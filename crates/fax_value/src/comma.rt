//! Lists of items with commas between them, and blanks round them that mean nothing.

ghost use Rattle.std.specs.Prelude.{◌≡◌, ◌∷◌, ◌<◌, ◌≤◌, ◌==◌, MatchOption, length};
ghost use Rattle.std.specs.List.{position_or_len};
ghost use Rattle.std.specs.Option.{option_copied};
ghost use Rattle.fax_value.specs.Blank.{without_blanks, before_blanks, trimmed};
ghost use Rattle.fax_value.specs.Comma.{parts_of, parts_left};

use crate::blank::is_blank;

/// What stands before the first comma, and what stands behind it.
pub fn at_comma(text: &[u8]) -> (&[u8], Option<&[u8]>)
    ensures parts { parts_of text.now ≡ result.0.now ∷ parts_left (option_copied result.1) }
    ensures shorter { MatchOption result.1 (length text.now ≡ length text.now) (λ after. length after.now < length text.now) }
{
    let at = comma_at(text);
    if at < text.len() {
        (&text[..at], Some(&text[at + 1..]))
    } else {
        (text, None)
    }
}

/// The place of the first comma, else the text's length.
fn comma_at(text: &[u8]) -> usize
    ensures place { result ≡ position_or_len (λ byte. byte == 44) text.now }
    ensures bound { result ≤ length text.now }
{
    let mut rest = text;
    while let [byte, after @ ..] = rest
        && *byte != b','
    {
        rest = after;
    }
    text.len() - rest.len()
}

/// The bytes without the blanks at their ends.
pub fn trimmed(text: &[u8]) -> &[u8]
    ensures { result.now ≡ trimmed text.now }
{
    before_blanks(without_blanks(text))
}

/// The bytes from the first on that isn't a blank.
fn without_blanks(text: &[u8]) -> &[u8]
    ensures { result.now ≡ without_blanks text.now }
{
    let mut rest = text;
    while let [byte, after @ ..] = rest
        && is_blank(*byte)
    {
        rest = after;
    }
    rest
}

/// The bytes up to the last that isn't a blank.
#[tactic(auto, unfolding(crate::specs::Blank::before_blanks))]
fn before_blanks(text: &[u8]) -> &[u8]
    ensures { result.now ≡ before_blanks text.now }
{
    let mut front = text;
    while let [before @ .., byte] = front
        && is_blank(*byte)
    {
        front = before;
    }
    front
}
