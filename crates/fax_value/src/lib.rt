//! The single values of a fax queue: numbers to dial, names, statuses, moments, numbers of requests, and their limits.
//!
//! Most are the value of a key line in the manner of HylaFAX's sendq(5). A text is read as a value of its kind, or is
//! none.
#![tactic(auto)]

mod blank;
mod comma;
mod dial;
mod job_tag;
pub mod limits;
mod moment;
mod name;
mod number;
mod request_number;
mod status;
mod text_fault;
mod value;

pub use blank::{before_blanks, begins_with_blank, is_blank, is_of_blanks, without_blanks};
pub use comma::{at_comma, trimmed};
pub use dial::{Dial, DialFault};
pub use job_tag::JobTag;
pub use moment::Moment;
pub use name::{Name, is_name};
pub use number::number as read_number;
pub use request_number::RequestNumber;
pub use status::Status;
pub use text_fault::TextFault;
pub use value::{ends_with_backslash, is_plain};
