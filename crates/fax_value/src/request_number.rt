//! Numbers of requests.

ghost use Rattle.std.specs.Prelude.{◌≡◌, ◌≤◌, ◌<◌, ◌^◌, ℕ, if◌then◌else◌, nat_lt};
ghost use Rattle.fax_value.specs.Number.{begins_with_zero, request_number, request_number_of};

use crate::number::number;
use std::marker::Model;

/// A client's number of a request, from 1 to 999999999999999999.
#[derive(Clone, Copy, Debug, PartialEq, Eq, PartialOrd, Ord)]
pub struct RequestNumber {
    number: u64,
}

impl Model for RequestNumber {
    ghost Value = { ℕ };

    ghost view = { λ request. request.number };

    ghost invariant = { λ request. (1 ≤ request.number) × (request.number < 10 ^ 18) };

    ghost inverse = { λ number. record { number = number } };
}

impl RequestNumber {
    /// The number that 1 to 18 digits write, of which the first isn't 0.
    pub fn read(text: &[u8]) -> Option<RequestNumber>
        ensures { result ≡ request_number_of text.now }
    {
        if begins_with_zero(text) {
            return None;
        }
        match number(text) {
            Some(number) => Some(RequestNumber { number }),
            None => None,
        }
    }

    /// The request number that this is, where it is one.
    pub fn new(number: u64) -> Option<RequestNumber>
        ensures { result ≡ request_number number }
    {
        if 0 < number && number < 1_000_000_000_000_000_000 {
            Some(RequestNumber { number })
        } else {
            None
        }
    }

    /// The number, or the floor where that is greater.
    pub fn at_least(self, floor: u64) -> RequestNumber
        requires { floor < 10 ^ 18 }
        ensures { result ≡ (if nat_lt floor self then self else floor) }
    {
        if floor < self.number {
            self
        } else {
            RequestNumber { number: floor }
        }
    }

    pub fn get(self) -> u64
        ensures number { result ≡ self }
        ensures from { 1 ≤ result }
        ensures below { result < 10 ^ 18 }
    {
        self.number
    }
}

fn begins_with_zero(text: &[u8]) -> bool
    ensures { result ≡ begins_with_zero text.now }
{
    match text {
        [byte, ..] => *byte == b'0',
        [] => false,
    }
}
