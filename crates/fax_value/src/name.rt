//! Names of modems, of classes of modems and of clients.

ghost use Rattle.std.specs.Prelude.{◌≡◌, ◌↔◌, ℕ, List, IfOk, IsTrue};
ghost use Rattle.std.specs.List.{list_all};
ghost use Rattle.std.specs.String.{string_bytes};
ghost use Rattle.fax_value.specs.Gives.{Gives, Tells};
ghost use Rattle.fax_value.specs.TextFault.{is_no_memory};
ghost use Rattle.fax_value.specs.Name.{is_name_byte, is_name, IsName, name_of};

use crate::text_fault::TextFault;
use std::alloc::{AllocError, Global};
use std::marker::Model;

/// Whether a text is a name: 1 to 32 bytes of `A-Za-z0-9._-`.
pub fn is_name(text: &[u8]) -> bool
    ensures test { result ≡ is_name text.now }
    ensures name { IsTrue result ↔ IsName text.now }
{
    !text.is_empty() && text.len() <= 32 && is_of_name_bytes(text)
}

fn is_of_name_bytes(text: &[u8]) -> bool
    ensures { result ≡ list_all is_name_byte text.now }
{
    text.iter().all(|byte| is_name_byte(*byte))
}

fn is_name_byte(byte: u8) -> bool
    ensures { result ≡ is_name_byte byte }
{
    byte.is_ascii_alphanumeric() || byte == b'.' || byte == b'_' || byte == b'-'
}

/// The name of a modem or of a class of modems: 1 to 32 bytes of `A-Za-z0-9._-`.
pub struct Name {
    text: String,
}

// By hand, so that a proof lets it go in one step.
impl Drop for Name {
    fn drop(self) {
        let Name { text: _ } = self;
    }
}

impl Model for Name {
    ghost Value = { List ℕ };

    ghost view = { λ name. string_bytes name.text };

    ghost invariant = { λ name. IsName (string_bytes name.text) };
}

impl Name {
    /// The name that the text is.
    pub fn read(alloc: Global, text: &str) -> Result<Name, TextFault>
        ensures read { Gives is_no_memory result (name_of text.now) }
        ensures told { Tells result (name_of text.now) }
    {
        if !is_name(text.as_bytes()) {
            return Err(TextFault::Bad);
        }
        let text = String::from_str(alloc, text)?;
        Ok(Name { text })
    }

    pub fn as_str(&self) -> &str
        ensures text { result.now ≡ self.now }
        ensures formed { IsName self.now }
    {
        self.text.as_str()
    }

    /// The same name, in memory of its own.
    pub fn copy(&self, alloc: Global) -> Result<Name, AllocError>
        ensures { IfOk result (λ name. name ≡ self.now) }
    {
        let text = String::from_str(alloc, self.as_str())?;
        Ok(Name { text })
    }
}
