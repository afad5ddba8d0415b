//! Numbers to dial.

ghost use Rattle.std.specs.Prelude.{◌≡◌, ℕ, ◌<◌, ◌||◌, not, List, length, IfOk, IfSome};
ghost use Rattle.std.specs.List.{list_all, position_from};
ghost use Rattle.std.specs.String.{string_bytes};
ghost use Rattle.fax_value.specs.Gives.{Gives, Tells};
ghost use Rattle.fax_value.specs.TextFault.{is_no_memory};
ghost use Rattle.fax_value.specs.Dial.{is_separator, is_key, are_keys, is_canonical, IsCanonical, without_separators, dial_of};

use crate::text_fault::TextFault;
use std::alloc::{AllocError, Global};
use std::marker::Model;

/// A number to dial in its canonical form: `+` or nothing, then 1 to 32 of the keys `0` to `9`, `*`
/// and `#`.
pub struct Dial {
    text: String,
}

// By hand, so that a proof lets it go in one step.
impl Drop for Dial {
    fn drop(self) {
        let Dial { text: _ } = self;
    }
}

impl Model for Dial {
    ghost Value = { List ℕ };

    ghost view = { λ dial. string_bytes dial.text };

    ghost invariant = { λ dial. IsCanonical (string_bytes dial.text) };
}

/// Why a text gave no number to dial.
pub type DialFault = TextFault;

impl Dial {
    /// The number that a text spells. Spaces, `-`, `.`, `(` and `)` are taken out of it; what remains
    /// is the canonical form.
    pub fn read(alloc: Global, text: &str) -> Result<Dial, DialFault>
        ensures read { Gives is_no_memory result (dial_of text.now) }
        ensures told { Tells result (dial_of text.now) }
    {
        let bytes = text.as_bytes();
        if !spells_number(bytes) {
            return Err(DialFault::Bad);
        }
        let kept = without_separators(alloc, bytes)?;
        let text = String::from_utf8(kept).unwrap();
        Ok(Dial { text })
    }

    /// The canonical form.
    pub fn text(&self) -> &str
        ensures text { result.now ≡ self.now }
        ensures canonical { IsCanonical self.now }
    {
        self.text.as_str()
    }
}

fn without_separators(alloc: Global, text: &[u8]) -> Result<Vec<u8>, AllocError>
    ensures { IfOk result (λ kept. kept.items ≡ without_separators text.now) }
{
    text.iter()
        .copied()
        .filter(|byte| !is_separator(*byte))
        .collect(alloc)
}

fn is_separator(byte: u8) -> bool
    ensures { result ≡ is_separator byte }
{
    byte == b' ' || byte == b'-' || byte == b'.' || byte == b'(' || byte == b')'
}

fn is_key(byte: u8) -> bool
    ensures { result ≡ is_key byte }
{
    byte.is_ascii_digit() || byte == b'*' || byte == b'#'
}

/// Whether a text without its separators is a number in the canonical form.
fn spells_number(text: &[u8]) -> bool
    ensures { result ≡ is_canonical (without_separators text.now) }
{
    match first_kept(text) {
        Some(first) if text[first] == b'+' => spells_keys(&text[first + 1..]),
        _ => spells_keys(text),
    }
}

/// The place of a text's first byte that is no separator.
fn first_kept(text: &[u8]) -> Option<usize>
    ensures place { result ≡ position_from (λ byte. not (is_separator byte)) 0 text.now }
    ensures bound { IfSome result (λ place. place < length text.now) }
{
    text.iter().position(|byte| !is_separator(*byte))
}

/// Whether a text without its separators is 1 to 32 keys.
#[tactic(auto, using(crate::proofs::DialLemmas::keys_kept))]
fn spells_keys(text: &[u8]) -> bool
    ensures { result ≡ are_keys (without_separators text.now) }
{
    let count = count_kept(text);
    1 <= count && count <= 32 && is_of_keys_and_separators(text)
}

/// How many bytes of a text are no separators.
fn count_kept(text: &[u8]) -> usize
    ensures { result ≡ length (without_separators text.now) }
{
    text.iter().filter(|byte| !is_separator(**byte)).count()
}

fn is_of_keys_and_separators(text: &[u8]) -> bool
    ensures { result ≡ list_all (λ byte. is_separator byte || is_key byte) text.now }
{
    text.iter().all(|byte| is_separator(*byte) || is_key(*byte))
}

- [Directions for this task]:
In the records above, locate the lines holding the word "IfOk". Copy each of them.

- [Answer for the task]:
ghost use Rattle.std.specs.Prelude.{◌≡◌, ◌↔◌, ℕ, List, IfOk, IsTrue};
        ensures { IfOk result (λ name. name ≡ self.now) }
ghost use Rattle.std.specs.Prelude.{◌≡◌, ℕ, ◌<◌, ◌||◌, not, List, length, IfOk, IfSome};
    ensures { IfOk result (λ kept. kept.items ≡ without_separators text.now) }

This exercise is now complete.